Diagram of blood flow through the heart and circuits

Electrical Conducting System of the Heart

Intrinsic Conducting System

The heart's intrinsic conducting system coordinates the heartbeat, ensuring efficient contraction of the atria and ventricles.

  • Sinoatrial (SA) Node: Pacemaker of the heart, initiates electrical impulses.

  • Atrioventricular (AV) Node: Delays impulse, allowing atrial contraction before ventricular contraction.

  • AV Bundle (Bundle of His): Only electrical connection between atria and ventricles.

  • Bundle Branches: Conduct impulses through the interventricular septum.

  • Purkinje Fibers: Stimulate ventricular muscle cells for contraction.

*Additional info: The delay at the AV node ensures that the atria have ejected their blood into the ventricles before the ventricles contract.*

Autonomic Innervation of the Heart

The heart rate and force of contraction are modulated by the autonomic nervous system:

  • Sympathetic Stimulation: Increases heart rate and contractility via cardiac nerves.

  • Parasympathetic Stimulation: Decreases heart rate via the vagus nerve.
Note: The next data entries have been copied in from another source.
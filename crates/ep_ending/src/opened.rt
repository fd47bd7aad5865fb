//! The instances that are open.

ghost use Rattle.std.specs.Prelude.{◌≡◌, ◌≤◌, ◌<◌, ◌++◌, ℕ, suc, Option, Some, OnOk};
ghost use Rattle.ep_base.specs.Quorums.{size};
ghost use Rattle.ep_ending.specs.Endings.{log_at, records_at, AddsOpen, IsLeastBelow, IsNextIn};
ghost use Rattle.ep_ending.specs.Lines.{open_line, more_line};
ghost use Rattle.ep_space.specs.Open.{lesser, IsNextOpen};

use crate::named::push_names;
use ep_base::{InstanceId, ReplicaId, Size};
use ep_journal::{Journal, Journals};
use ep_report::{Part, push_parts};
use std::alloc::AllocError;

/// How many open instances have a line, at most: each is looked for by a pass over all records and their dependencies.
const MOST_LINES: u8 = 20;

/// The journal of the replica of this number.
#[tactic(auto, using(crate::proofs::Logs::log_is))]
pub(crate) fn journal_at(journals: &Journals, replica: u8) -> &Journal
    requires low { replica ≤ 6 }
    requires there { replica < size journals.now.faults }
    ensures { result.now ≡ log_at journals.now replica }
{
    match journals.get(ReplicaId::from_valid(replica)) {
        Some(journal) => journal,
        None => unreachable!(),
    }
}

/// The lesser of two, where there are two.
fn lesser(found: Option<InstanceId>, other: Option<InstanceId>) -> Option<InstanceId>
    ensures { result ≡ lesser found other }
{
    let Some(least) = found else {
        return other;
    };
    let Some(another) = other else {
        return found;
    };
    if another < least { other } else { found }
}

/// The least that was found so far and that is open at the replica of this number.
#[tactic(auto, using(crate::proofs::Finding::least_more))]
fn least_with(
    journals: &Journals,
    after: &Option<InstanceId>,
    found: Option<InstanceId>,
    replica: u8,
) -> Option<InstanceId>
    requires low { replica ≤ 6 }
    requires there { replica < size journals.now.faults }
    ensures { IsLeastBelow journals.now after.now replica found → IsLeastBelow journals.now after.now (suc replica) result }
{
    lesser(found, journal_at(journals, replica).next_open(*after))
}

/// The least instance above this one, where there is one, that is open at a replica.
fn next_open(journals: &Journals, after: Option<InstanceId>) -> Option<InstanceId>
    ensures { IsNextIn journals.now after result }
{
    let mut found = None;
    for replica in 0..journals.size().count() {
        found = least_with(journals, &after, found, replica);
    }
    found
}

/// Appends the line of an open instance.
fn push_open(text: &mut Vec<u8>, cluster: Size, instance: InstanceId) -> Result<(), AllocError>
    ensures { OnOk result (text.new.items ≡ text.old.items ++ open_line cluster instance) }
{
    push_parts(
        text,
        &[
            Part::Text(b"next  recover "),
            Part::Instance(instance),
            Part::Text(b" at any replica that reaches "),
        ],
    )?;
    push_names(text, cluster, instance.replica())?;
    text.push(b'\n')?;
    Ok(())
}

/// Appends that more are open, from this one on.
fn push_more(text: &mut Vec<u8>, instance: InstanceId) -> Result<(), AllocError>
    ensures { OnOk result (text.new.items ≡ text.old.items ++ more_line (Some instance)) }
{
    push_parts(
        text,
        &[
            Part::Text(b"more  are open, from "),
            Part::Instance(instance),
            Part::Text(b" on\n"),
        ],
    )
}

/// Appends the line of each instance that is open at a replica, up to the twentieth, and then which is the next.
pub(crate) fn push_all_open(text: &mut Vec<u8>, journals: &Journals) -> Result<(), AllocError>
    ensures { OnOk result (AddsOpen journals.now text.old.items text.new.items) }
{
    let mut reported = 0;
    let mut next = next_open(journals, None);
    while let Some(instance) = next {
        // (that it is in range is known by asking for its number)
        let _number = instance.number();
        if reported == MOST_LINES {
            return push_more(text, instance);
        }
        push_open(text, journals.size(), instance)?;
        next = next_open(journals, Some(instance));
        reported += 1;
    }
    Ok(())
}
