use crate::asked::{Asked, Emit};
use crate::form::Form;
use crate::host::Host;
use crate::job::Job;
use crate::run_options::RunOptions;
use crate::target::Target;
use clap::error::ErrorKind;
use clap::{Arg, ArgAction, ArgMatches, Command, Error};
use ep_cli::WordsFault;
use ep_script::number_in;
use std::alloc::{AllocError, Global};
use std::convert::AsStr;

/// What help says at its end.
const AFTER_ALL: &str = "\
Input is standard input: redirect a file to it, or a pipe. On a terminal, epaxos waits for what you type, up to Ctrl-D.";

/// What the help of `replay` says at its end.
const AFTER_REPLAY: &str = "\
Standard input, to its end, is a script: lines as in the example; docs/CLI.md, section 4, has all of them.
Nothing is printed before the end is read. With --emit json the report is one object on one line, for scripts (docs/CLI.md,
section 5.3); with status 2, 3 and 4 nothing is printed then either.

Example:
  printf 'replicas 3\\npropose 0 1 put x 1\\nflush\\nflush\\nexecute 0 0.1\\n' | epaxos replay

Exit status:
  0  the audit accepted what the script left, and what was asked for is printed
  2  the command line or the script is refused; standard error says where
  3  memory was refused
  4  reading or writing failed";

/// What the help of `run` says at its end.
const AFTER_RUN: &str = "\
Standard input, to its end, is a script: lines as in the example; docs/CLI.md, section 4, has all of them.
In each section every replica has, with --host lock, a thread that submits its lines, and one that hands on its frames;
with --host ring one thread for both. Nothing is printed before the end is read, and all threads have ended. With --emit json
the report is one object on one line, for scripts (docs/CLI.md, section 5.3); with status 2, 3 and 4 nothing is printed then
either.

Example:
  printf 'replicas 3\\npropose 0 1 put x 1\\nsection\\npropose 2 1 get x\\n' | epaxos run

Exit status:
  0  the audit accepts what the threads left, and what was asked for is printed
  1  the audit refuses, with --host lock alone: the verdict and the first fault are printed, or the bundle
  2  the command line or the script is refused; standard error says where
  3  memory was refused, or, with --host lock, no thread could be started
  4  reading or writing failed";

/// What the help of `audit` says at its end.
const AFTER_AUDIT: &str = "\
Standard input, to its end, is a bundle: the journals of all replicas, and receipts, as `replay --emit bundle` writes them.
Nothing is printed before the end is read.

With --chain each FILE is such a bundle of version 3: generations, each of which opens with the map that the one before left.
Each is audited, and then that its number, its opening and its clocks go on from the one before. Standard input is not read.

With --emit json what is printed is one object on one line, for scripts (docs/CLI.md, section 5.3); with status 2, 3 and 4
nothing is printed then either.

Example:
  epaxos replay --emit bundle < examples/one_put.script | epaxos audit
  epaxos replay --emit bundle < examples/one_put.script | epaxos audit --emit json
  epaxos audit --chain first.bundle second.bundle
Autonomic innervation of the heart

Clinical Scenarios and Applications

Atrial Fibrillation

Atrial fibrillation is an arrhythmia affecting the atria, leading to irregular and often rapid heart rhythm. It can cause inefficient blood flow and increase the risk of stroke and heart failure.
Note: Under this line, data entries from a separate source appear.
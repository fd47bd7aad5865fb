//! The replicas that have to be heard.

ghost use Rattle.std.specs.Prelude.{◌≡◌, ◌≤◌, ◌<◌, ◌+◌, ◌++◌, OnOk, decimal};
ghost use Rattle.ep_ending.specs.Lines.{between_text, names_text};
ghost use Rattle.ep_laws.specs.Named.{name};

use ep_base::{ReplicaId, Size};
use ep_report::{Part, push_parts};
use std::alloc::AllocError;

/// The replica at this place among those that aren't the leader.
fn name(leader: ReplicaId, place: u8) -> u8
    requires { place ≤ 3 }
    ensures { result ≡ name leader place }
{
    if place < leader.index() {
        place
    } else {
        place + 1
    }
}

/// What stands before the replica at this place.
fn between(cluster: Size, place: u8) -> &'static [u8]
    ensures { result.now ≡ between_text cluster place }
{
    if place == 0 {
        b""
    } else if place == cluster.faults() {
        b" and "
    } else {
        b", "
    }
}

/// Appends the replica at this place.
fn push_name(
    text: &mut Vec<u8>,
    cluster: Size,
    leader: ReplicaId,
    place: u8,
) -> Result<(), AllocError>
    requires { place ≤ 3 }
    ensures { OnOk result (text.new.items ≡ text.old.items ++ (between_text cluster place ++ decimal (name leader place))) }
{
    push_parts(
        text,
        &[
            Part::Text(between(cluster, place)),
            Part::Number(name(leader, place) as u64),
        ],
    )
}

/// Appends the f+1 replicas that have to be heard, for an instance of this leader.
pub(crate) fn push_names(
    text: &mut Vec<u8>,
    cluster: Size,
    leader: ReplicaId,
) -> Result<(), AllocError>
    ensures { OnOk result (text.new.items ≡ text.old.items ++ names_text cluster leader (cluster + 1)) }
{
    for place in 0..cluster.faults() + 1 {
        push_name(text, cluster, leader, place)?;
    }
    Ok(())
}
  • Affected Chambers: Both right and left atria.

  • Potential Complications: Thrombus formation, embolic stroke, heart failure.

Postural Orthostatic Tachycardia Syndrome (POTS)
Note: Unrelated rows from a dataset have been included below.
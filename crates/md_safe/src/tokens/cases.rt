//! Single texts, and the results of the definitions for them.

ghost use Rattle.std.specs.Prelude.{◌≡◌, [], ◌∷◌, ◌++◌, Some, None, false, true, map, codes};
ghost use Rattle.md_text.specs.References.{is_escaped};
ghost use Rattle.md_text.specs.Safe.{is_safe_value};
ghost use Rattle.md_text.specs.Url.{link_protocols, image_protocols};
ghost use Rattle.md_safe.specs.Scheme.{scheme_of, has_permitted_scheme};
ghost use Rattle.md_safe.specs.Input.{with_line_feeds};
ghost use Rattle.md_safe.specs.Token.{Doctype, Character, StartTag, EndTag, EndOfFile};
ghost use Rattle.md_safe.specs.TokenizerStates.{Data};
ghost use Rattle.md_safe.specs.Tokenizer.{run};

/// CR LF is one line feed, and so is each other CR.
pub fn line_ends()
    ensures { run 50 Data (with_line_feeds (codes "a\r\n\r\rb"))
        ≡ Some (map Character (codes "a\n\n\nb") ++ EndOfFile ∷ []) }
{}

/// Letters of names are lowered: in tags, attributes and end tags.
pub fn names_are_lowered()
    ensures start { run 50 Data (codes "<A Id=\"X\">")
        ≡ Some (StartTag (codes "a") (record { name = codes "id"; value = codes "X" } ∷ []) false
        ∷ EndOfFile ∷ []) }
    ensures end { run 50 Data (codes "</dEl>") ≡ Some (EndTag (codes "del") ∷ EndOfFile ∷ []) }
{}

/// The first attribute with a name stays, and later ones are dropped; a value may be omitted.
pub fn attributes_are_kept_once()
    ensures { run 50 Data (codes "<a id=\"1\" ID=\"2\" href>") ≡ Some (StartTag (codes "a")
        (record { name = codes "id"; value = codes "1" }
        ∷ record { name = codes "href"; value = [] } ∷ [])
        false ∷ EndOfFile ∷ []) }
{}

/// Only a double quote ends a value in double quotes.
pub fn quoted_values()
    ensures { run 50 Data (codes "<a id=\"'<b>/ =`\">")
        ≡ Some (StartTag (codes "a")
        (record { name = codes "id"; value = codes "'<b>/ =`" } ∷ []) false
        ∷ EndOfFile ∷ []) }
{}

/// A reference is read once, in a text and in a value; one without its `;` isn't written out.
pub fn references_are_read()
    ensures text { run 50 Data (codes "&amp;lt;&quot;")
        ≡ Some (map Character (codes "&lt;\"") ++ EndOfFile ∷ []) }
    ensures value { run 50 Data (codes "<a id=\"&gt;&amp;\">")
        ≡ Some (StartTag (codes "a") (record { name = codes "id"; value = codes ">&" } ∷ []) false
        ∷ EndOfFile ∷ []) }
    ensures begun { run 50 Data (codes "&amp") ≡ None }
    ensures unended { run 50 Data (codes "&amplt;") ≡ None }
    ensures alone { run 50 Data (codes "& &")
        ≡ Some (map Character (codes "& &") ++ EndOfFile ∷ []) }
{}

/// The self-closing flag is that of the `/` directly before the `>`.
pub fn self_closing_flags()
    ensures closed { run 50 Data (codes "<br />")
        ≡ Some (StartTag (codes "br") [] true ∷ EndOfFile ∷ []) }
    ensures open { run 50 Data (codes "<br / >")
        ≡ Some (StartTag (codes "br") [] false ∷ EndOfFile ∷ []) }
{}

/// NUL stays in a text, and is U+FFFD in a value.
pub fn nul()
    ensures text { run 50 Data (0 ∷ []) ≡ Some (Character 0 ∷ EndOfFile ∷ []) }
    ensures value { run 50 Data (codes "<a id=\"" ++ (0 ∷ codes "\">"))
        ≡ Some (StartTag (codes "a")
        (record { name = codes "id"; value = 239 ∷ 191 ∷ 189 ∷ [] } ∷ []) false
        ∷ EndOfFile ∷ []) }
{}

/// A `<` that no letter follows is a character, and a tag that is incomplete at the end of the text
/// is no token.
pub fn broken_tags()
    ensures { run 50 Data (codes "<1</a ><b")
        ≡ Some (Character 60 ∷ Character 49 ∷ EndTag (codes "a") ∷ EndOfFile ∷ []) }
{}

/// In a title only its own end tag is a tag.
pub fn titles()
    ensures { run 50 Data (codes "<title></b>&lt;</TITLE >")
        ≡ Some (StartTag (codes "title") [] false
        ∷ map Character (codes "</b><") ++ EndTag (codes "title") ∷ EndOfFile ∷ []) }
{}

/// A doctype's name is lowered.
pub fn doctypes()
    ensures { run 50 Data (codes "<!DocType HTML>")
        ≡ Some (Doctype (codes "html") ∷ EndOfFile ∷ []) }
{}

/// For transitions that aren't written out, nothing is claimed.
pub fn stuck_texts()
    ensures comments { run 50 Data (codes "<!-- -->") ≡ None }
    ensures scripts { run 50 Data (codes "<script>1</script>") ≡ None }
    ensures foreign { run 50 Data (codes "<svg>") ≡ None }
    ensures templates { run 50 Data (codes "<template>") ≡ None }
    ensures numeric { run 50 Data (codes "&#58;") ≡ None }
    ensures unquoted { run 50 Data (codes "<a href=x>") ≡ None }
{}

/// Spaces, controls, tabs and line ends hide no scheme.
pub fn hidden_schemes()
    ensures found { scheme_of (codes " \rJava\tscript\n:x") ≡ Some (codes "javascript") }
    ensures refused { has_permitted_scheme link_protocols (codes " \rJava\tscript\n:x") ≡ false }
    ensures upper { has_permitted_scheme link_protocols (codes "MailTo:x") ≡ true }
    ensures image { has_permitted_scheme image_protocols (codes "mailto:x") ≡ false }
    ensures none { scheme_of (codes "/a:b") ≡ None }
    ensures digit { scheme_of (codes "1a:b") ≡ None }
{}

/// The grammar's test of a link requires escaped values: alone it accepts this one, in which a
/// browser reads a colon.
pub fn escaping_is_needed()
    ensures passes { is_safe_value link_protocols (codes "javascript&#58;x") ≡ true }
    ensures not_escaped { is_escaped (codes "javascript&#58;x") ≡ false }
{}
POTS is characterized by an excessive increase in heart rate upon standing, often accompanied by dizziness, palpitations, and fatigue. Symptoms improve when lying down.

  • Diagnosis: Based on heart rate and blood pressure changes with position.

  • Treatment: Increased fluid and salt intake, physical counter-maneuvers, medications as needed.

Heart Sounds and Auscultation

Heart sounds are produced by the closing of valves. The first heart sound (S1) is due to AV valve closure, and the second heart sound (S2) is due to semilunar valve closure. Auscultation is used to assess heart function and detect abnormalities.

  • S1: Closure of mitral and tricuspid valves.

  • S2: Closure of aortic and pulmonary valves.

Summary Table: Heart Valves and Their Locations

Valve

Location

Function

Tricuspid (Right AV)

Between right atrium and right ventricle

Prevents backflow into right atrium

Mitral (Left AV)

Between left atrium and left ventricle

Prevents backflow into left atrium

Pulmonary Semilunar

Between right ventricle and pulmonary trunk

Prevents backflow into right ventricle

Aortic Semilunar

Between left ventricle and aorta

Prevents backflow into left ventricle

Key Terms

  • Myocardium: Muscular layer of the heart wall.

  • Pericardium: Double-walled sac enclosing the heart.

  • SA Node: Pacemaker of the heart.

  • AV Node: Electrical relay station between atria and ventricles.

  • Chordae Tendineae: Tendinous cords anchoring AV valve cusps to papillary muscles.